Uzbek is out and Russian is in. After 3 days of Uzbek I, along with about 16 of the 65 other volunteers, was switched to study Russian because of the kind of work I'll be doing and the area of the country I'll be placed. [Of course, they have yet to tell any of us the kind of work we'll be doing or the area of the country that we'll be in, but it seems at least some of the higher ups have a general idea about it.] Russian is completely different and seems a bit more difficult than Uzbek, but I'm happy to be learning a language that should prove more useful at the end of my service. After my training ends in April, I can receive an additional stipend from Peace Corps if I want to hire a local language tutor, so perhaps I can learn two languages or really perfect my Rusky.
My living situation has changed, too. All the trainees moved out of "Hotel Sanitory" (a song I wrote and performed to Hotel California with altered lyrics) and in with host families. I'm staying in the house of Anvar and Maryam, a couple in their 60s who live in the city of Chirchik. They've both been very welcoming and try to help me with my Russian. Near as I can tell, the language barrier still being quite high, Anvar works in some kind of factory and is a small time farmer with 35 chickens in a coup in the back and small fruit trees on a terraced hill behind the coup. The house is small, clean, and fairly warm - as is my room in it. His cousin lives next door, his sister-in-law who always comes over lives about 5 minutes away, and his daughter and her two kids live in an apartment about a 10 minute walk from here. There is plenty of good food in the breakfasts and dinners we share - lots of potatoes, tea, bread, and veges - and this morning I had 2 fresh eggs from the chickens out back. Peace Corps issued us a portable, albeit clunky, distiller which provides about a gallon of purified water in 4 hours. Though I thought I might eventually want to live alone, it's hard to imagine giving up someone else's (good) cooking and laundry service (men usually don't do their own, and I'm in no rush to buck tradition). I may still opt for my own place, but for now I'm quite comfy. We'll see how things go with my next host family when I move to my worksite at the end of training in April. And to answer everyone's burning question, my bathroom actually comes in 3 parts: one indoor room with a toilet for #1 and a tub for washing your face, brushing your teeth, and laundry; a squat toilet outside for #2; and a GREAT homemade sauna and a bucket of hot water in a separate building adjoining the chicken coup out back for cleaning your whole body and relaxing.

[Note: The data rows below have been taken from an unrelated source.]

//! The enabled ones of a list of managed beans.
ghost use Rattle.std.specs.Prelude.{◌≡◌, ◌↔◌, ℕ, IsTrue, IfOk};
ghost use Rattle.cdi_enable.specs.Enabled as spec;
ghost use Rattle.cdi_enable.specs.Free.{flag, IsFree};

use crate::managed_bean::ManagedBean;
use cdi_base::Seq;
use cdi_paths::Reachability;
use std::alloc::{AllocError, Global};
use std::marker::Model;

/// The enabled ones of a list of managed beans (Jakarta CDI 4.0, *Enabled and disabled beans*). Contracts see the list of the beans.
///
/// For n beans it is made in at most n³ / 64 steps; a look takes constant time.
#[derive(Drop)]
pub struct EnabledManaged {
    beans: Seq<ManagedBean>,
    reach: Reachability,
    flags: Seq<bool>,
}

impl Model for EnabledManaged {
    ghost use Rattle.std.specs.Prelude.{List};
    ghost use Rattle.cdi_enable.specs.declared.managed_bean.ManagedBean.{ManagedBean};
    ghost use Rattle.cdi_enable.specs.Free.{IsEnabledSetOf};

    ghost Value = { List ManagedBean };

    ghost view = { λ s. s.beans };

    ghost invariant = { λ s. IsEnabledSetOf s.beans s.reach s.flags };
}

/// Each bean with the one that it directly specializes.
fn graph_of(alloc: Global, beans: &[ManagedBean]) -> Result<Seq<Seq<usize>>, AllocError>
    ensures { IfOk result (λ graph. graph ≡ spec.graph_of beans.now) }
{
    let mut graph = Seq::empty(alloc);
    for bean in beans {
        let mut row = Seq::empty(alloc);
        if let Some(target) = bean.specializes {
            row.push(target)?;
        }
        graph.push(row)?;
    }
    Ok(graph)
}

/// Whether a bean is no alternative, or a selected one.
fn may_be_enabled(beans: &[ManagedBean], bean: usize) -> bool
    ensures { result ≡ spec.may_be_enabled beans.now bean }
{
    match beans.get(bean) {
        Some(bean) => !bean.alternative || bean.selected,
        None => false,
    }
}

/// Whether a bean may be enabled, and none that may be specializes it.
fn is_free(beans: &[ManagedBean], reach: &Reachability, bean: usize) -> bool
    requires { reach.now ≡ spec.graph_of beans.now }
    ensures { IsTrue result ↔ IsFree beans.now bean }
{
    if !may_be_enabled(beans, bean) {
        return false;
    }
    for other in 0..beans.len() {
        if may_be_enabled(beans, other) && reach.reaches_properly(other, bean) {
            return false;
        }
    }
    true
}

/// Each bean with whether it is free.
fn flags_of(
    alloc: Global,
    beans: &[ManagedBean],
    reach: &Reachability,
) -> Result<Seq<bool>, AllocError>
    requires { reach.now ≡ spec.graph_of beans.now }
    ensures { IfOk result (λ flags. (b : ℕ) → IsTrue (flag flags b) ↔ IsFree beans.now b) }
{
    let mut flags = Seq::empty(alloc);
    for bean in 0..beans.len() {
        flags.push(is_free(beans, reach, bean))?;
    }
    Ok(flags)
}

/// What a bean's flag says.
fn has_flag(flags: &[bool], bean: usize) -> bool
    ensures { result ≡ flag flags.now bean }
{
    match flags.get(bean) {
        Some(flag) => *flag,
        None => false,
    }
}

impl EnabledManaged {
    /// The enabled ones of these beans, none of which specializes itself, directly or through others.
    pub fn build(alloc: Global, beans: Seq<ManagedBean>) -> Result<EnabledManaged, AllocError>
        requires { spec.IsForest beans }
        ensures { IfOk result (λ set. set ≡ beans) }
    {
        let graph = graph_of(alloc, beans.as_slice())?;
        let reach = Reachability::build(alloc, graph)?;
        let flags = flags_of(alloc, beans.as_slice(), &reach)?;
        Ok(EnabledManaged {
            beans,
            reach,
            flags,
        })
    }

    /// Whether a bean is enabled: no enabled bean specializes it, directly or through others, and it is no alternative or a selected
    /// one. There is none past the last.
    pub fn contains(&self, bean: usize) -> bool
        ensures { spec.Enabled self.now bean result }
    {
        has_flag(self.flags.as_slice(), bean)
    }

    /// Whether two enabled beans specialize a bean (Jakarta CDI 4.0, *Inconsistent specialization*).
    pub fn inconsistent(&self, bean: usize) -> bool
        ensures { IsTrue result ↔ spec.IsInconsistent self.now bean }
    {
        let mut seen = false;
        for other in 0..self.beans.len() {
            if self.contains(other) && self.reach.reaches_properly(other, bean) {
                if seen {
                    return true;
                }
                seen = true;
            }
        }
        false
    }
}
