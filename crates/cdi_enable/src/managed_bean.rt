//! A managed bean, as far as it decides what is enabled.

/// What decides whether a managed bean is enabled.
#[derive(Clone, Copy, Debug, PartialEq, Eq)]
pub struct ManagedBean {
    /// The bean that it directly specializes, by its index (Jakarta CDI 4.0, *Specialization*).
    pub specializes: Option<usize>,
    /// Whether it is an alternative (Jakarta CDI 4.0, *Alternatives*).
    pub alternative: bool,
    /// Whether it is a selected alternative: by its priority or by the list of those that are selected (Jakarta CDI 4.0, *Declaring
    /// selected alternatives*).
    pub selected: bool,
}
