//! A law of the words that are explained, over the definitions alone.
ghost use Rattle.cdi_findings.specs.Words.{AreComplete};

/// Each kind of problem, each refusal, each cause of a cut, and the first word of each reply and each entry is explained.
pub fn law_complete()
    ensures { AreComplete }
{}
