//! The bodies at the end of a chain.
ghost use Rattle.std.specs.Prelude.{◌≡◌, ◌∷◌, []};

use cdi_base::Seq;
use cdi_machine::Code;
use std::marker::Model;
use std::slice;

/// The bodies at the end of a chain, in the order in which they run, which contracts see as a list.
#[derive(Drop)]
pub struct Members {
    kept: Kept,
}

/// How they are kept.
#[derive(Drop)]
enum Kept {
    /// A business method's one, which needs no memory of its own.
    One(Code),
    /// Any number of callbacks.
    Any(Seq<Code>),
}

impl Model for Members {
    ghost use Rattle.std.specs.Prelude.{List};
    ghost use Rattle.cdi_machine.specs.Tables.{Code as AnyCode};
    ghost use Rattle.cdi_host.specs.Members.{members_in};

    ghost Value = { List AnyCode };

    ghost view = { λ m. members_in m.kept };
}

impl Members {
    /// One body alone.
    pub fn one(code: Code) -> Members
        ensures { result ≡ code ∷ [] }
    {
        Members {
            kept: Kept::One(code),
        }
    }

    /// These bodies.
    pub fn of(codes: Seq<Code>) -> Members
        ensures { result ≡ codes }
    {
        Members {
            kept: Kept::Any(codes),
        }
    }

    /// The bodies, in order.
    pub fn as_slice(&self) -> &[Code]
        ensures { result.now ≡ self.now }
    {
        match &self.kept {
            Kept::One(code) => slice::from_ref(code),
            Kept::Any(codes) => codes.as_slice(),
        }
    }
}
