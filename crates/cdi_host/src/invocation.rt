//! Invocations.
ghost use Rattle.std.specs.Prelude.{◌≡◌, IsOk, IsSome, OnOk, OnErr};
ghost use Rattle.std.specs.Option.{option_copied};
ghost use Rattle.cdi_base.specs.Maps.{at};
ghost use Rattle.cdi_machine.specs.Bodies.{invocation_at_start};
ghost use Rattle.cdi_host.specs.Invocation.{reached, with_data, with_parameters, with_references};

use crate::members::Members;
use cdi_base::{Fields, InterceptorMethod, Name, Seq, Value};
use cdi_machine::Code;
use cdi_store::Reference;
use std::alloc::{AllocError, Global};
use std::marker::Model;

/// Bodies under way on a target, at the end of a chain of interceptors: the values that they take, the references of their
/// injected parameters, and the context data (Jakarta Interceptors 2.1, *InvocationContext*).
pub struct Invocation {
    target: u32,
    role: InterceptorMethod,
    members: Members,
    parameters: Seq<Value>,
    references: Seq<Reference>,
    /// Most invocations keep nothing, and need no map.
    data_of: Option<Box<Fields>>,
    completed: bool,
    alloc: Global,
}

/// In one call, so that the proof of each function that owns an invocation has one step here, and not one for each of its
/// parts.
impl Drop for Invocation {
    fn drop(self) {
        let Self {
            target: _target,
            role: _role,
            members: _members,
            parameters: _parameters,
            references: _references,
            data_of: _data_of,
            completed: _completed,
            alloc: _alloc,
        } = self;
    }
}

impl Model for Invocation {
    ghost use Rattle.std.specs.Prelude.{option_map};
    ghost use Rattle.cdi_machine.specs.World.{Invocation as AnyInvocation};
    ghost use Rattle.cdi_host.specs.FirstUse.{or_empty};

    ghost Value = { AnyInvocation };

    ghost view = { λ i. record {
      target = i.target;
      role = i.role;
      members = i.members;
      parameters = i.parameters;
      references = i.references;
      data_of = or_empty (option_map (λ b. b.value) i.data_of);
      completed = i.completed;
    } };
}

/// The value at a key of context data, if one is kept there.
fn value_in(kept: &Fields, key: Name) -> Option<&Value>
    ensures { option_copied result ≡ at kept.now key }
{
    if kept.has(key) {
        Some(kept.get(key))
    } else {
        None
    }
}

impl Invocation {
    /// An invocation at its start: of these members on a target, with the values that they take. It has no references
    /// and no context data yet.
    pub fn new(
        target: u32,
        role: InterceptorMethod,
        members: Members,
        parameters: Seq<Value>,
        alloc: Global,
    ) -> Invocation
        ensures { result ≡ invocation_at_start target role members parameters }
    {
        Invocation {
            target,
            role,
            members,
            parameters,
            references: Seq::empty(alloc),
            data_of: None,
            completed: false,
            alloc,
        }
    }

    /// The number of the instance that it is on.
    pub fn target(&self) -> u32
        ensures { result ≡ self.now.target }
    {
        self.target
    }

    /// What kind of chain it is at the end of.
    pub fn role(&self) -> InterceptorMethod
        ensures { result ≡ self.now.role }
    {
        self.role
    }

    /// The bodies at the chain's end, in the order in which they run.
    pub fn members(&self) -> &[Code]
        ensures { result.now ≡ self.now.members }
    {
        self.members.as_slice()
    }

    /// The values that the bodies take.
    pub fn parameters(&self) -> &Seq<Value>
        ensures { result.now ≡ self.now.parameters }
    {
        &self.parameters
    }

    /// The references of the injected parameters, in order.
    pub fn references(&self) -> &Seq<Reference>
        ensures { result.now ≡ self.now.references }
    {
        &self.references
    }

    /// The value at a key of the context data, if one is kept there (Jakarta Interceptors 2.1, *InvocationContext*).
    pub fn data_at(&self, key: Name) -> Option<&Value>
        ensures { option_copied result ≡ at self.now.data_of key }
    {
        match &self.data_of {
            Some(data) => value_in(data, key),
            None => None,
        }
    }

    /// Whether the chain's end has been reached.
    pub fn is_completed(&self) -> bool
        ensures { result ≡ self.now.completed }
    {
        self.completed
    }

    /// The injected parameters have these references (Jakarta CDI 4.0, *Dependency injection*).
    pub fn provide(&mut self, references: Seq<Reference>)
        ensures { self.new ≡ with_references references self.old }
    {
        self.references = references;
    }

    /// The bodies take other values (Jakarta Interceptors 2.1, *InvocationContext*: `setParameters`).
    pub fn replace(&mut self, parameters: Seq<Value>)
        ensures { self.new ≡ with_parameters parameters self.old }
    {
        self.parameters = parameters;
    }

    /// Keeps a value in the context data (Jakarta Interceptors 2.1, *InvocationContext*: `getContextData`). Only for a key
    /// that has none yet memory can be wanting. On an error nothing changes.
    pub fn keep(&mut self, key: Name, value: Value) -> Result<(), AllocError>
        ensures ok { OnOk result (self.new ≡ with_data key value self.old) }
        ensures err { OnErr result (self.new ≡ self.old) }
        ensures there { IsSome (at self.old.data_of key) → IsOk result }
    {
        if let Some(data) = &mut self.data_of {
            return data.put(key, value);
        }
        let mut data = Fields::new(self.alloc);
        data.put(key, value)?;
        self.data_of = Some(Box::new(self.alloc, data)?);
        Ok(())
    }

    /// The chain's end has been reached.
    pub fn reach(&mut self)
        ensures { self.new ≡ reached self.old }
    {
        self.completed = true;
    }
}
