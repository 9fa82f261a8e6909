//! The managed beans of a bean list, as far as they decide what is enabled.
ghost use Rattle.std.specs.Prelude.{◌≡◌, ◌==◌, map, option_and_then, IfOk};
ghost use Rattle.std.specs.List.{list_any};
ghost use Rattle.cdi_enable.specs.Enablement as spec;

use crate::class_places::ClassPlaces;
use crate::listed_bean::{ListedBean, listed_bean};
use crate::managed_bean::ManagedBean;
use cdi_base::{Name, Seq};
use cdi_beans::Bean;
use std::alloc::{AllocError, Global};

/// The classes of the managed ones of some beans, in their order.
pub(crate) fn managed_classes(alloc: Global, beans: &[Bean]) -> Result<Seq<Name>, AllocError>
    ensures { IfOk result (λ classes. classes ≡ spec.classes_of (spec.managed_beans beans.now)) }
{
    let mut classes = Seq::empty(alloc);
    for bean in beans {
        if bean.is_managed() {
            classes.push(bean.class)?;
        }
    }
    Ok(classes)
}

/// Whether a class is listed.
fn is_listed(classes: &[Name], class: Name) -> bool
    ensures { result ≡ list_any (λ c. c == class) classes.now }
{
    classes.iter().any(|listed| *listed == class)
}

/// Whether a bean has a priority, or its class is listed (Jakarta CDI 4.0, *Declaring selected alternatives*).
fn is_selected(selected: &[Name], bean: &Bean) -> bool
    ensures { result ≡ spec.is_selected selected.now bean.now }
{
    bean.priority.is_some() || is_listed(selected, bean.class)
}

/// The managed bean that a bean directly specializes, by its index among the managed beans.
fn specialized(classes: &ClassPlaces, bean: &Bean) -> Option<usize>
    ensures { result ≡ option_and_then (spec.bean_of_class classes.now) bean.now.specializes }
{
    match bean.specializes {
        Some(class) => classes.bean_of(class),
        None => None,
    }
}

fn managed_bean(classes: &ClassPlaces, selected: &[Name], bean: &Bean) -> ManagedBean
    ensures { result ≡ spec.managed_bean classes.now selected.now bean.now }
{
    ManagedBean {
        specializes: specialized(classes, bean),
        alternative: bean.alternative,
        selected: is_selected(selected, bean),
    }
}

/// The managed ones of some beans, in their order.
pub(crate) fn managed_beans(
    alloc: Global,
    beans: &[Bean],
    classes: &ClassPlaces,
    selected: &[Name],
) -> Result<Seq<ManagedBean>, AllocError>
    ensures { IfOk result (λ managed. managed
        ≡ map (spec.managed_bean classes.now selected.now) (spec.managed_beans beans.now)) }
{
    let mut managed = Seq::empty(alloc);
    for bean in beans {
        if bean.is_managed() {
            managed.push(managed_bean(classes, selected, bean))?;
        }
    }
    Ok(managed)
}

/// Where each of some beans is declared, in their order.
pub(crate) fn listed_beans(alloc: Global, beans: &[Bean]) -> Result<Seq<ListedBean>, AllocError>
    ensures { IfOk result (λ listed. listed ≡ map spec.listed_bean beans.now) }
{
    let mut listed = Seq::empty(alloc);
    for bean in beans {
        listed.push(listed_bean(bean))?;
    }
    Ok(listed)
}
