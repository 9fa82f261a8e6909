//! A stack, which contracts see as the list of its items, the innermost first.
ghost use Rattle.std.specs.Prelude.{◌≡◌, ◌∷◌, [], length, reverse, MatchOption, OnOk, OnErr};
ghost use Rattle.std.specs.Option.{option_copied};
ghost use Rattle.cdi_machine.specs.World.{below};
ghost use Rattle.cdi_host.specs.Stack.{innermost};

mod invocations;
mod temporaries;

use std::alloc::{AllocFailed, Global};
use std::marker::Model;

/// A stack over a `Vec`, which contracts see as the list of its items, the innermost first.
#[derive(Drop)]
pub struct Stack<T> {
    /// The innermost last.
    items: Vec<T>,
}

impl<T> Model for Stack<T> {
    ghost use Rattle.std.specs.Prelude.{List, reverse};

    ghost Value = { List T };

    ghost view = { λ s. reverse s.items.items };
}

impl<T> Stack<T> {
    /// No items.
    pub fn new(alloc: Global) -> Stack<T>
        ensures { result ≡ [] }
    {
        Stack {
            items: Vec::new(alloc),
        }
    }

    /// The items of a `Vec`, the first innermost.
    pub fn from_first(items: Vec<T>) -> Stack<T>
        ensures { result ≡ items.items }
    {
        let mut items = items;
        items.reverse();
        Stack { items }
    }

    /// How many items there are.
    pub fn len(&self) -> usize
        ensures { result ≡ length self.now }
    {
        self.items.len()
    }

    /// The innermost item, if there is one.
    pub fn top(&self) -> Option<&T>
        ensures { option_copied result ≡ innermost self.now }
    {
        self.items.as_slice().last()
    }

    /// The items, the innermost last.
    pub fn outermost_first(&self) -> &[T]
        ensures { self.now ≡ reverse result.now }
    {
        self.items.as_slice()
    }

    /// Adds an item as the innermost. On an error nothing changes.
    pub fn push(&mut self, item: T) -> Result<(), AllocFailed<T>>
        ensures ok { OnOk result (self.new ≡ item ∷ self.old) }
        ensures err { OnErr result (self.new ≡ self.old) }
    {
        self.items.push(item)
    }

    /// Takes the innermost item, if there is one.
    pub fn take(&mut self) -> Option<T>
        ensures { MatchOption result (self.old ≡ []) (λ item. self.old ≡ item ∷ self.new) }
    {
        self.items.pop()
    }

    /// Takes the innermost item away, if there is one.
    pub fn pop(&mut self)
    where
        T: Drop,
        ensures { self.new ≡ below self.old }
    {
        let _ = self.items.pop();
    }
}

The prices here are pretty good. Laundry is not included in the home-stay "contract," so it's suggested we give whichever woman does it about 2000 soms (2 dollars) per month. Yes, that's per month. Today I bought a loaf of bread for 15 cents. I take "marchutkas," minivan taxis that follow certain routes like buses, to and from classes - about a 25 minute drive each way - for 20 cents. And though I haven't had much time to do so during training, the Internet cafes run about $1 per hour. I got a haircut for 70 cents and a jar of honey for 60 cents and probably overpaid for both. All that being said, Peace Corps doesn't want you to live above the means of the average Uzbek, so our living stipend is in line with the reduced prices.
Classes are going well and I continue to be impressed with the level of organization and quality of training I'm receiving in the language, culture, and technical knowledge about the government, socio-economic status of the people, and local NGO community. Though none of the Uzbek or Russian teachers would be considered native English speakers, I can't help but wonder when they use words like "pessimistic" or phrases like "top secret," how did they ever learn those so well as to use them conversationally? I'm looking forward to getting to that point - or at least being able to get by without pantomime.
Alright, there's a host of other Peace Corps volunteers waiting to send out their respective updates. Hope all is well with everyone. Will write again when there's more to tell and time to spare. I've attached a couple of pictures - one of the street in front of my house and the other of my host mother and father in our kitchen.
ps - Maryam told me I could give out their phone number, which I think is below. Not really sure about the numbers, or what the country code is, and I'm fairly certain it's really expensive to call from the US. So, I don't really recommend calling. I won't be calling anyone or returning any phone calls from their house. But, if you do decide to call, please do so no earlier than 8:30am and no later than 9:30pm, and note I'm 10 hours ahead of EST.
pps - I saw the Superbowl (live) at 4am on Monday, Feb 7th at the US Ambassador's house. Go Pats!